Stored data entries
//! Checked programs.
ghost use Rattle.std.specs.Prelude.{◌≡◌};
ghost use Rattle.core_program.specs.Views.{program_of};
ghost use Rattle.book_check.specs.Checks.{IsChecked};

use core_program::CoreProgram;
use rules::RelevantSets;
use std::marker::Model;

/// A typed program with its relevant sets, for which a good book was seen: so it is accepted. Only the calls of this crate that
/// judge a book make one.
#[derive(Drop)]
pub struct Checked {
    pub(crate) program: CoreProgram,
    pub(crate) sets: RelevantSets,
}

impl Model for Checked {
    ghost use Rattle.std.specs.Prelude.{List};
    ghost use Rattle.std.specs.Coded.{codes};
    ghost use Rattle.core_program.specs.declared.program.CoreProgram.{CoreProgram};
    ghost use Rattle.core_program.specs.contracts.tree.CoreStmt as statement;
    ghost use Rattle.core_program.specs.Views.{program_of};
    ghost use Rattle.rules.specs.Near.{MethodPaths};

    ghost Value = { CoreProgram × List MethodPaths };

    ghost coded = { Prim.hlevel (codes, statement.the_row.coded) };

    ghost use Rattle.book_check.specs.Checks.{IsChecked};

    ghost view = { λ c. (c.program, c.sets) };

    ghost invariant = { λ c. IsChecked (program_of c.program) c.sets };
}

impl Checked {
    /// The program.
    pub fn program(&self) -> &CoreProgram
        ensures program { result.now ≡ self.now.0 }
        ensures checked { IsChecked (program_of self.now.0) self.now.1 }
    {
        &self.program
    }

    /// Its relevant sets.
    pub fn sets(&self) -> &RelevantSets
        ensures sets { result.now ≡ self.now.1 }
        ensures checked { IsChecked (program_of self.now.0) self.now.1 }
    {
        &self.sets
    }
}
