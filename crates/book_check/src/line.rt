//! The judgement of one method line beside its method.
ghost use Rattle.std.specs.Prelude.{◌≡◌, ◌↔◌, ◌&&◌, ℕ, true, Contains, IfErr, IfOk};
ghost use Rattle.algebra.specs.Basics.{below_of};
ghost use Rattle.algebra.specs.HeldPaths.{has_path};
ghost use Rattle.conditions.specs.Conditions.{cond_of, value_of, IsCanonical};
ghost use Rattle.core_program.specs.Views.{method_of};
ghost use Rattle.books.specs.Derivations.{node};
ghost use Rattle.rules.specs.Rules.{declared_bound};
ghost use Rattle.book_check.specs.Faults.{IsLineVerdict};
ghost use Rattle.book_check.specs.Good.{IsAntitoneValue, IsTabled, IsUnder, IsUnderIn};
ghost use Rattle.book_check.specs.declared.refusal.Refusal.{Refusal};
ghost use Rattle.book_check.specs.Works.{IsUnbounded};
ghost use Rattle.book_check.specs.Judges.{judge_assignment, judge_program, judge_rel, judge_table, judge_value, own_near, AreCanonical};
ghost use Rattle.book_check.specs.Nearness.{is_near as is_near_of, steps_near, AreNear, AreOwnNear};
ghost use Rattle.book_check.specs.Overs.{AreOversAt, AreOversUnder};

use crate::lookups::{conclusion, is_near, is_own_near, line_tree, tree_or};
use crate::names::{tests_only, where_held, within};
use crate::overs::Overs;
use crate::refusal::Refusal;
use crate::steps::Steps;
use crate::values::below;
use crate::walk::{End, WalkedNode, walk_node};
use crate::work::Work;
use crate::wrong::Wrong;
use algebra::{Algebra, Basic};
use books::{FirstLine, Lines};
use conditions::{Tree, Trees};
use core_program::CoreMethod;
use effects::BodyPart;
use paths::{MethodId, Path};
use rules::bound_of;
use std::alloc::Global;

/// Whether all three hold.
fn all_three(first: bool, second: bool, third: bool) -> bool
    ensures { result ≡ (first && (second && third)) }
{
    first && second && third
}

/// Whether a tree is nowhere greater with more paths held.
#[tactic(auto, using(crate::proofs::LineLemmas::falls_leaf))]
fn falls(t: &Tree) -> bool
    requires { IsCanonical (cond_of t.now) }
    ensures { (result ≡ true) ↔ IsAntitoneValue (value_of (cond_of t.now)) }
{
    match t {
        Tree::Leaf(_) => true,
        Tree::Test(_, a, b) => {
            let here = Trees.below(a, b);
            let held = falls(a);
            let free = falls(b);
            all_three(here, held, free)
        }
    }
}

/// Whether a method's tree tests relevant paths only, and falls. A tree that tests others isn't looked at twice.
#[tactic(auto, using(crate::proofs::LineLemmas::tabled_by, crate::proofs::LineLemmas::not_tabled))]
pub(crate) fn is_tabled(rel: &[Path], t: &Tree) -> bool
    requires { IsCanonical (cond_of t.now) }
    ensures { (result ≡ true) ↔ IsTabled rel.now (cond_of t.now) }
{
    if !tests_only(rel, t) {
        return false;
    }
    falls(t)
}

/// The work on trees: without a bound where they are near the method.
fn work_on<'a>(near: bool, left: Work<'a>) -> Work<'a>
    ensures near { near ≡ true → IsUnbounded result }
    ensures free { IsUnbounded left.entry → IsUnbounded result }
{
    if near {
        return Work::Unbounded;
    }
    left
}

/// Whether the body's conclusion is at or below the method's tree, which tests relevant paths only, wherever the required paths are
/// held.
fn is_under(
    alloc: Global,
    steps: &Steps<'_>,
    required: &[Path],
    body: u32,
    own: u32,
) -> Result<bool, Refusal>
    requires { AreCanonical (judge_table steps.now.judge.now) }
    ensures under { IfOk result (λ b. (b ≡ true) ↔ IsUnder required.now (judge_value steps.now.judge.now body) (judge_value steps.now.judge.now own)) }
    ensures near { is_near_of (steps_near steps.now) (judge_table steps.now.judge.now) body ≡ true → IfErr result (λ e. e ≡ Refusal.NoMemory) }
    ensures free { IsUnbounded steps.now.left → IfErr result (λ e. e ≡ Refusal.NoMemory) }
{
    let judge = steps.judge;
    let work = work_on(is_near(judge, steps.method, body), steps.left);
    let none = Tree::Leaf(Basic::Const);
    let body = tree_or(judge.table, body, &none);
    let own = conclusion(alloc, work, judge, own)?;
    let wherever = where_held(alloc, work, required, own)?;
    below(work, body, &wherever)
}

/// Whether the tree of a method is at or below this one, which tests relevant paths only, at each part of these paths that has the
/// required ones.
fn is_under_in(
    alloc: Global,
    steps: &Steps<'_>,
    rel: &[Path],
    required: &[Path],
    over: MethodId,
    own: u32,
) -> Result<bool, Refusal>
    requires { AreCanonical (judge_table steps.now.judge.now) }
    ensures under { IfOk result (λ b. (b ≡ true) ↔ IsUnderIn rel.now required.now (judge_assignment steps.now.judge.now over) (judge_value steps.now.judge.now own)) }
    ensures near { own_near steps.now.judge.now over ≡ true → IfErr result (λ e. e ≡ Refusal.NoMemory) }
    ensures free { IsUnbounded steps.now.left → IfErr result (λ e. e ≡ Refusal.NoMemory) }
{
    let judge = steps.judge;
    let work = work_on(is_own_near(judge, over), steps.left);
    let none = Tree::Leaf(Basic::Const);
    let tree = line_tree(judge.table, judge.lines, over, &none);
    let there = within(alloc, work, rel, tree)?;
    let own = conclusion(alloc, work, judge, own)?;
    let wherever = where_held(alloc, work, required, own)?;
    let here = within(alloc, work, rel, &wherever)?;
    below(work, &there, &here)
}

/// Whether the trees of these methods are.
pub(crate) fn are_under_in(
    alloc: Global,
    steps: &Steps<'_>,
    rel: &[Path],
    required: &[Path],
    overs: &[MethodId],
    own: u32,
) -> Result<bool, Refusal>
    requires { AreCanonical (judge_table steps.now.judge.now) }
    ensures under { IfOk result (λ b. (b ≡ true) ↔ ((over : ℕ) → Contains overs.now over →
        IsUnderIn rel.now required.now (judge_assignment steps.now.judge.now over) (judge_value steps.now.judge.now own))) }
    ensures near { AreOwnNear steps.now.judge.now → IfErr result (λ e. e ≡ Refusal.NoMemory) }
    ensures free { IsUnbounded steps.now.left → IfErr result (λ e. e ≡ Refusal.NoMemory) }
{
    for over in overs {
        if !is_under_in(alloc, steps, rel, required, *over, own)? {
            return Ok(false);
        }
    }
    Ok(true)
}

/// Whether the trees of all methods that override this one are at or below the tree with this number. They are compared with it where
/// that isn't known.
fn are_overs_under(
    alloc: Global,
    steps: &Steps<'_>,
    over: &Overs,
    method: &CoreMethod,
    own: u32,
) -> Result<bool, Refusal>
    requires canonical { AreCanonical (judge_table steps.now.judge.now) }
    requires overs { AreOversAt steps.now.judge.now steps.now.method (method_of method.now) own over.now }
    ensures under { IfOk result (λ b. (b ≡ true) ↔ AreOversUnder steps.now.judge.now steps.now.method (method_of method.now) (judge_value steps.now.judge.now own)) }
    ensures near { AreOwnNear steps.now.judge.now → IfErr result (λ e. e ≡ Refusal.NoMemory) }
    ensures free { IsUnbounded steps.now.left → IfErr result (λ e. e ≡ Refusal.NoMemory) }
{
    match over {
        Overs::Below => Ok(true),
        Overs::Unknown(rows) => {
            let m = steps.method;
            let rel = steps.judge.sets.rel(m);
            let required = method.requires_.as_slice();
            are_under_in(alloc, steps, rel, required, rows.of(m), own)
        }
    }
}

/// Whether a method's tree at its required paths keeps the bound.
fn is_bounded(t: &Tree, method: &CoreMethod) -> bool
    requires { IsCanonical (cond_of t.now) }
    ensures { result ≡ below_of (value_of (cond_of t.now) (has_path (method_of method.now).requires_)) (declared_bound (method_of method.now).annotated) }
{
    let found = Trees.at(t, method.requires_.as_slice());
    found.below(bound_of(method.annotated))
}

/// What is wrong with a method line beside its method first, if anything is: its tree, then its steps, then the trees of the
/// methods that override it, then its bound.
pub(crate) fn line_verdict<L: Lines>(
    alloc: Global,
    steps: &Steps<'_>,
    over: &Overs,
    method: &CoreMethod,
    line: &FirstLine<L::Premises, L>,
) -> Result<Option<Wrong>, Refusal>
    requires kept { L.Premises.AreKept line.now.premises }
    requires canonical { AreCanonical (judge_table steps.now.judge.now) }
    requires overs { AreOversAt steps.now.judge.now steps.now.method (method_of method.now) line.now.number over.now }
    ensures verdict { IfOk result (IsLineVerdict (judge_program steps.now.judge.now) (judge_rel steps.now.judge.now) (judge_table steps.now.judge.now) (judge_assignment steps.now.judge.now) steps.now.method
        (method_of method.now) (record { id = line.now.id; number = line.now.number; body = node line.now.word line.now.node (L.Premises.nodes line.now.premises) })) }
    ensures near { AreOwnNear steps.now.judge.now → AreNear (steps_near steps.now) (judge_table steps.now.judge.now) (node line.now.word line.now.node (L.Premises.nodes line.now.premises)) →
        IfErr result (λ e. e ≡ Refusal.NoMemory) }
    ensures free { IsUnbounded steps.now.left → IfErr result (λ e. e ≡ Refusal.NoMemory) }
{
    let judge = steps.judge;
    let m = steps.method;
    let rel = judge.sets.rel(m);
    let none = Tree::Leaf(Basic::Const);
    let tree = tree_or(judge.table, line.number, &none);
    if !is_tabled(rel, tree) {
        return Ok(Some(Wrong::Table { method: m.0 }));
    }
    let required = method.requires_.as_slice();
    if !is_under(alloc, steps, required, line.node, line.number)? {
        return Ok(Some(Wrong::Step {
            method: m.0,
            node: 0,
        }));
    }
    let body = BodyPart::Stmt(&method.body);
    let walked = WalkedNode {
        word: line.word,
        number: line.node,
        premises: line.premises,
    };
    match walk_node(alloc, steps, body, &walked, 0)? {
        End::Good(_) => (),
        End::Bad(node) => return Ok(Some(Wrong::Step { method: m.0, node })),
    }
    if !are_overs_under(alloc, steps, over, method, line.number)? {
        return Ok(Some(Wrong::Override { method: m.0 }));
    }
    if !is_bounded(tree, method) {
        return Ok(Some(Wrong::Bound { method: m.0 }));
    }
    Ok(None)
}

Problem to work on
Beginning at the line above with "use std::marker::Model;" and finishing at the line with "result.now ≡ self.now.0", return each line exactly and return nothing else.

Output
use std::marker::Model;

/// A typed program with its relevant sets, for which a good book was seen: so it is accepted. Only the calls of this crate that
/// judge a book make one.
#[derive(Drop)]
pub struct Checked {
    pub(crate) program: CoreProgram,
    pub(crate) sets: RelevantSets,
}

impl Model for Checked {
    ghost use Rattle.std.specs.Prelude.{List};
    ghost use Rattle.std.specs.Coded.{codes};
    ghost use Rattle.core_program.specs.declared.program.CoreProgram.{CoreProgram};
    ghost use Rattle.core_program.specs.contracts.tree.CoreStmt as statement;
    ghost use Rattle.core_program.specs.Views.{program_of};
    ghost use Rattle.rules.specs.Near.{MethodPaths};

    ghost Value = { CoreProgram × List MethodPaths };

    ghost coded = { Prim.hlevel (codes, statement.the_row.coded) };

    ghost use Rattle.book_check.specs.Checks.{IsChecked};

    ghost view = { λ c. (c.program, c.sets) };

    ghost invariant = { λ c. IsChecked (program_of c.program) c.sets };
}

impl Checked {
    /// The program.
    pub fn program(&self) -> &CoreProgram
        ensures program { result.now ≡ self.now.0 }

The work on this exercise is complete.